##### Dataset entries #####
//! The log: lines of what calls changed, and of those that were refused. It has the memory that a turn's lines need from
//! the start.
ghost use Rattle.std.specs.Prelude.{◌≡◌, false, None};
ghost use Rattle.rb_log.specs.LogRates.{next_line_of};
ghost use Rattle.rb_log.specs.LoggedChanges.{IsLineOf};

use rb_address::Source;
use rb_forward::sooner;
use rb_policy::caller_rate::{LogCaller, OWN_COUNTS};
use rb_policy::log_choice::{Happening, Logged, kind_told};
use rb_policy::log_lines::{ChangeLine, LogKind, LogLine};
use rb_policy::log_rate::{LOG_ROOM, LogRate, caller_at, caller_of, has_log_room};
use rb_serving::{ChangeAsked, ChangeKind, Seen};
use std::alloc::{AllocError, Global};
use std::io;
use std::io::Write;

const KINDS: [LogKind; 4] = [
    LogKind::Accepted,
    LogKind::Refused,
    LogKind::Calls,
    LogKind::GivenUp,
];

/// The most lines of a kind on what was left out in a second: of each caller that has a count of its own and of the
/// others, of owners and of hosts.
const MOST_MORE: usize = 2 * (OWN_COUNTS + 1);

/// Lines that are not written yet, and how many there were of each kind.
#[derive(Drop)]
pub struct Log {
    logged: Logged,
    text: Vec<u8>,
    accepted: LogRate,
    refused: LogRate,
    calls: LogRate,
    given_up: LogRate,
    /// Whether lines may have been left out that are yet to be told: if not, no turn asks the rates.
    may_be_more: bool,
    ghost no_more: { may_be_more ≡ false
        → next_line_of accepted refused calls given_up ≡ None },
}

impl Log {
    ghost use Rattle.std.specs.Prelude.{◌≡◌};
    ghost use Rattle.rb_log.specs.Logs.{next_line};

    /// A log of this. An error if an allocation is refused.
    pub fn new(alloc: Global, logged: Logged) -> Result<Log, AllocError> {
        let room = match logged {
            Logged::Nothing => 0,
            Logged::Changes | Logged::All => LOG_ROOM,
        };
        let mut text = Vec::with_capacity(alloc, room)?;
        text.resize(room, 0)?;
        text.clear();
        Ok(Log {
            logged,
            text,
            accepted: LogRate::new(),
            refused: LogRate::new(),
            calls: LogRate::new(),
            given_up: LogRate::new(),
            may_be_more: true,
        })
    }

    /// A call came at this moment, in milliseconds.
    pub fn note_call(&mut self, now: u64, seen: &Seen) {
        match seen {
            Seen::Change(change) => {
                let line = LogLine::Change(line_of(change));
                let happening = Happening::Change(change.refusal);
                self.note(now, happening, caller_of(&change.who), &line);
            }
            Seen::Refused(call) => {
                let line = LogLine::RefusedCall(call.who, call.status);
                self.note(now, Happening::RefusedCall, caller_of(&call.who), &line);
            }
        }
    }

    /// A connection from there was given up at this moment, in milliseconds.
    pub fn note_given_up(&mut self, now: u64, source: Source) {
        let line = LogLine::GivenUp(source);
        self.note(now, Happening::GivenUp, caller_at(source), &line);
    }

    /// The moment, in milliseconds, from which the log tells of lines that were left out, if some were.
    pub fn next_line(&self) -> Option<u64>
        ensures { result ≡ next_line self.now }
    {
        if !self.may_be_more {
            return None;
        }
        let of_changes = sooner(self.accepted.next_line(), self.refused.next_line());
        let of_others = sooner(self.calls.next_line(), self.given_up.next_line());
        sooner(of_changes, of_others)
    }

    /// Whether lines may be there that are not written yet.
    pub fn may_have_lines(&self) -> bool {
        self.may_be_more || !self.text.is_empty()
    }

    /// Writes the lines that are not written yet, and at this moment, in milliseconds, how many were left out in the
    /// seconds before. If that fails, they are lost.
    pub fn write<W: Write>(&mut self, now: u64, writer: &mut W) -> io::Result<()> {
        if self.may_be_more {
            for kind in KINDS {
                self.tell_left_out(now, kind);
            }
            self.may_be_more = self.next_line().is_some();
        }
        if self.text.is_empty() {
            return Ok(());
        }
        let done = writer.write_all(self.text.as_slice());
        self.text.clear();
        done
    }

    /// What came about by this caller, and its line, if it is told.
    fn note(&mut self, now: u64, happening: Happening, caller: LogCaller, line: &LogLine<'_>) {
        if let Some(kind) = kind_told(self.logged, happening) {
            self.tell(now, kind, caller, line);
        }
    }

    /// Adds a line of this caller, after how many of its kind were left out before; or counts it, if the caller has had
    /// enough of them in its second, or there is no room.
    fn tell(&mut self, now: u64, kind: LogKind, caller: LogCaller, line: &LogLine<'_>) {
        self.tell_left_out(now, kind);
        let has_room = has_log_room(kind, self.text.len());
        if self.rate(kind).ask(now, caller, has_room) {
            self.add(line);
        }
    }

    /// Adds how many lines of a kind were left out, as far as there is room.
    fn tell_left_out(&mut self, now: u64, kind: LogKind) {
        for _ in 0..MOST_MORE {
            if !has_log_room(kind, self.text.len()) {
                return;
            }
            let Some(left_out) = self.rate(kind).take_left_out(now) else {
                return;
            };
            self.add(&LogLine::More(left_out, kind));
        }
    }

    /// The rate of a kind, which may then leave lines out.
    fn rate(&mut self, kind: LogKind) -> &mut LogRate {
        self.may_be_more = true;
        match kind {
            LogKind::Accepted => &mut self.accepted,
            LogKind::Refused => &mut self.refused,
            LogKind::Calls => &mut self.calls,
            LogKind::GivenUp => &mut self.given_up,
        }
    }

    /// Adds a line, for which there is room.
    fn add(&mut self, line: &LogLine<'_>) {
        let _ = writeln!(self.text, "{line}");
    }
}

/// The line of a SET or an UNSET.
fn line_of(change: &ChangeAsked) -> ChangeLine<'_>
    ensures { IsLineOf change.now result }
{
    ChangeLine {
        adds: change.asked == ChangeKind::Set,
        prog: change.row.prog,
        vers: change.row.vers,
        netid: change.row.netid.as_slice(),
        addr: change.row.addr.as_slice(),
        owner: change.owner,
        who: change.who,
        refusal: change.refusal,
    }
}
#####
Problem description: Above are some records; copy each line there that contains "ChangeKind".

Answer to the exercise:
use rb_serving::{ChangeAsked, ChangeKind, Seen};
        adds: change.asked == ChangeKind::Set,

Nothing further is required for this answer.